• ACTIVITY
The listing is to be reproduced in full, with no character altered.

• DATA PROVIDED
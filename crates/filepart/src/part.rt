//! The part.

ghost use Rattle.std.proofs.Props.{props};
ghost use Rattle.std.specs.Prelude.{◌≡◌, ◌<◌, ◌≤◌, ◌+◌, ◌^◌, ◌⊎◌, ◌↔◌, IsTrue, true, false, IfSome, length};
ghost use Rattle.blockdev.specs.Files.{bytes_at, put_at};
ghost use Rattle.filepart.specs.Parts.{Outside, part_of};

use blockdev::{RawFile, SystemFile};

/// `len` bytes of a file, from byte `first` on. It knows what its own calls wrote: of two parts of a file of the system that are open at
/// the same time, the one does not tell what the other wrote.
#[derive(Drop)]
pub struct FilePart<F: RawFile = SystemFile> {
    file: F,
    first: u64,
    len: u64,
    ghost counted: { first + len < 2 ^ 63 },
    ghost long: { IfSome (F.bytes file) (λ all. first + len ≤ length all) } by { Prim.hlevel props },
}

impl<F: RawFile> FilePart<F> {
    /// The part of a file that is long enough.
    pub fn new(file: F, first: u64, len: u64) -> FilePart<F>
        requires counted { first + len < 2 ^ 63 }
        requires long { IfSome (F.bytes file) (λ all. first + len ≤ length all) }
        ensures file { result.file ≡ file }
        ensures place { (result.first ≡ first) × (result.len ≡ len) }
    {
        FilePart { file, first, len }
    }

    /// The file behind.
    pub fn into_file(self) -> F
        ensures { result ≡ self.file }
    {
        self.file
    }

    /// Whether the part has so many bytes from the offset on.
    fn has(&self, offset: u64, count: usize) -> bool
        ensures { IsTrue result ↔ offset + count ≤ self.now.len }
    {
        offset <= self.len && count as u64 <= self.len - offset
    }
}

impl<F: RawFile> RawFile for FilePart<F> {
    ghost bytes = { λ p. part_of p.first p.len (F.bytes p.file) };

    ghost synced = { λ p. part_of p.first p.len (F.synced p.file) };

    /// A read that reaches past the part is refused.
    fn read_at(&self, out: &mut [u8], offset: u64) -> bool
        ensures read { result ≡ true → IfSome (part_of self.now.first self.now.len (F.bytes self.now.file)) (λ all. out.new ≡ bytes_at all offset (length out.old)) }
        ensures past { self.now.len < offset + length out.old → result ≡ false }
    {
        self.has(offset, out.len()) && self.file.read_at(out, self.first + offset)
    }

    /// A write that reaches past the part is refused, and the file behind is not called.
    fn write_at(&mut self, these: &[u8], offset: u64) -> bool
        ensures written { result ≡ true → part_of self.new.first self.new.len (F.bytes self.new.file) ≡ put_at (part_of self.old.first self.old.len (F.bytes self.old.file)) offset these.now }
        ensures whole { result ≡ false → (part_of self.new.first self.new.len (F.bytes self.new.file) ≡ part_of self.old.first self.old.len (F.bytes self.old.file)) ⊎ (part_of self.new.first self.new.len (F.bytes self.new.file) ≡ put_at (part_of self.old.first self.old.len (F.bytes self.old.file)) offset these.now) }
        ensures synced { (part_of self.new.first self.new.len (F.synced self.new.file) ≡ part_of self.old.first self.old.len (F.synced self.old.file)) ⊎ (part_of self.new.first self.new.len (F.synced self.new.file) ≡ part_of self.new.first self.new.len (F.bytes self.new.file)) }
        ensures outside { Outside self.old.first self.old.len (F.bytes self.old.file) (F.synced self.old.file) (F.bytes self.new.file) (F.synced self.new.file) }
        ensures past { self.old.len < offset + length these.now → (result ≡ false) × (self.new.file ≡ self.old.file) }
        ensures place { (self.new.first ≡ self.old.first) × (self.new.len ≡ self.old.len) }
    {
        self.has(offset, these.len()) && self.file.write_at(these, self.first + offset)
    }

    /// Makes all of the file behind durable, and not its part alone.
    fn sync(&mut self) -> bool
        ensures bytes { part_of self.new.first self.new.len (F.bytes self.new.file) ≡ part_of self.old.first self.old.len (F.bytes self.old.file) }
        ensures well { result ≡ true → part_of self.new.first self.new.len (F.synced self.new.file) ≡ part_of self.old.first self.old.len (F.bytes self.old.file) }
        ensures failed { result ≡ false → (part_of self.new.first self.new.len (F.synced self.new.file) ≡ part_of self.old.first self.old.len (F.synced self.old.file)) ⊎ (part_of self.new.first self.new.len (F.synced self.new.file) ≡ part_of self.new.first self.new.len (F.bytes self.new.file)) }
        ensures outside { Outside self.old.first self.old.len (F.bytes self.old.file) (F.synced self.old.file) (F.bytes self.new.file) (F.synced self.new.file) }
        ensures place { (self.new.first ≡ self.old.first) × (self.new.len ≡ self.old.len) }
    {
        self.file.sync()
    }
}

• ANSWER SECTION
filename crates/filepart/src/part.rt
//! The part.

ghost use Rattle.std.proofs.Props.{props};
ghost use Rattle.std.specs.Prelude.{◌≡◌, ◌<◌, ◌≤◌, ◌+◌, ◌^◌, ◌⊎◌, ◌↔◌, IsTrue, true, false, IfSome, length};
ghost use Rattle.blockdev.specs.Files.{bytes_at, put_at};
ghost use Rattle.filepart.specs.Parts.{Outside, part_of};

use blockdev::{RawFile, SystemFile};

/// `len` bytes of a file, from byte `first` on. It knows what its own calls wrote: of two parts of a file of the system that are open at
/// the same time, the one does not tell what the other wrote.
#[derive(Drop)]
pub struct FilePart<F: RawFile = SystemFile> {
    file: F,
    first: u64,
    len: u64,
    ghost counted: { first + len < 2 ^ 63 },
    ghost long: { IfSome (F.bytes file) (λ all. first + len ≤ length all) } by { Prim.hlevel props },
}

impl<F: RawFile> FilePart<F> {
    /// The part of a file that is long enough.
    pub fn new(file: F, first: u64, len: u64) -> FilePart<F>
        requires counted { first + len < 2 ^ 63 }
        requires long { IfSome (F.bytes file) (λ all. first + len ≤ length all) }
        ensures file { result.file ≡ file }
        ensures place { (result.first ≡ first) × (result.len ≡ len) }
    {
        FilePart { file, first, len }
    }

    /// The file behind.
    pub fn into_file(self) -> F
        ensures { result ≡ self.file }
    {
        self.file
    }

    /// Whether the part has so many bytes from the offset on.
    fn has(&self, offset: u64, count: usize) -> bool
        ensures { IsTrue result ↔ offset + count ≤ self.now.len }
    {
        offset <= self.len && count as u64 <= self.len - offset
    }
}

impl<F: RawFile> RawFile for FilePart<F> {
    ghost bytes = { λ p. part_of p.first p.len (F.bytes p.file) };

    ghost synced = { λ p. part_of p.first p.len (F.synced p.file) };

    /// A read that reaches past the part is refused.
    fn read_at(&self, out: &mut [u8], offset: u64) -> bool
        ensures read { result ≡ true → IfSome (part_of self.now.first self.now.len (F.bytes self.now.file)) (λ all. out.new ≡ bytes_at all offset (length out.old)) }
        ensures past { self.now.len < offset + length out.old → result ≡ false }
    {
        self.has(offset, out.len()) && self.file.read_at(out, self.first + offset)
    }

    /// A write that reaches past the part is refused, and the file behind is not called.
    fn write_at(&mut self, these: &[u8], offset: u64) -> bool
        ensures written { result ≡ true → part_of self.new.first self.new.len (F.bytes self.new.file) ≡ put_at (part_of self.old.first self.old.len (F.bytes self.old.file)) offset these.now }
        ensures whole { result ≡ false → (part_of self.new.first self.new.len (F.bytes self.new.file) ≡ part_of self.old.first self.old.len (F.bytes self.old.file)) ⊎ (part_of self.new.first self.new.len (F.bytes self.new.file) ≡ put_at (part_of self.old.first self.old.len (F.bytes self.old.file)) offset these.now) }
        ensures synced { (part_of self.new.first self.new.len (F.synced self.new.file) ≡ part_of self.old.first self.old.len (F.synced self.old.file)) ⊎ (part_of self.new.first self.new.len (F.synced self.new.file) ≡ part_of self.new.first self.new.len (F.bytes self.new.file)) }
        ensures outside { Outside self.old.first self.old.len (F.bytes self.old.file) (F.synced self.old.file) (F.bytes self.new.file) (F.synced self.new.file) }
        ensures past { self.old.len < offset + length these.now → (result ≡ false) × (self.new.file ≡ self.old.file) }
        ensures place { (self.new.first ≡ self.old.first) × (self.new.len ≡ self.old.len) }
    {
        self.has(offset, these.len()) && self.file.write_at(these, self.first + offset)
    }

    /// Makes all of the file behind durable, and not its part alone.
    fn sync(&mut self) -> bool
        ensures bytes { part_of self.new.first self.new.len (F.bytes self.new.file) ≡ part_of self.old.first self.old.len (F.bytes self.old.file) }
        ensures well { result ≡ true → part_of self.new.first self.new.len (F.synced self.new.file) ≡ part_of self.old.first self.old.len (F.bytes self.old.file) }
        ensures failed { result ≡ false → (part_of self.new.first self.new.len (F.synced self.new.file) ≡ part_of self.old.first self.old.len (F.synced self.old.file)) ⊎ (part_of self.new.first self.new.len (F.synced self.new.file) ≡ part_of self.new.first self.new.len (F.bytes self.new.file)) }
        ensures outside { Outside self.old.first self.old.len (F.bytes self.old.file) (F.synced self.old.file) (F.bytes self.new.file) (F.synced self.new.file) }
        ensures place { (self.new.first ≡ self.old.first) × (self.new.len ≡ self.old.len) }
    {
        self.file.sync()
    }
}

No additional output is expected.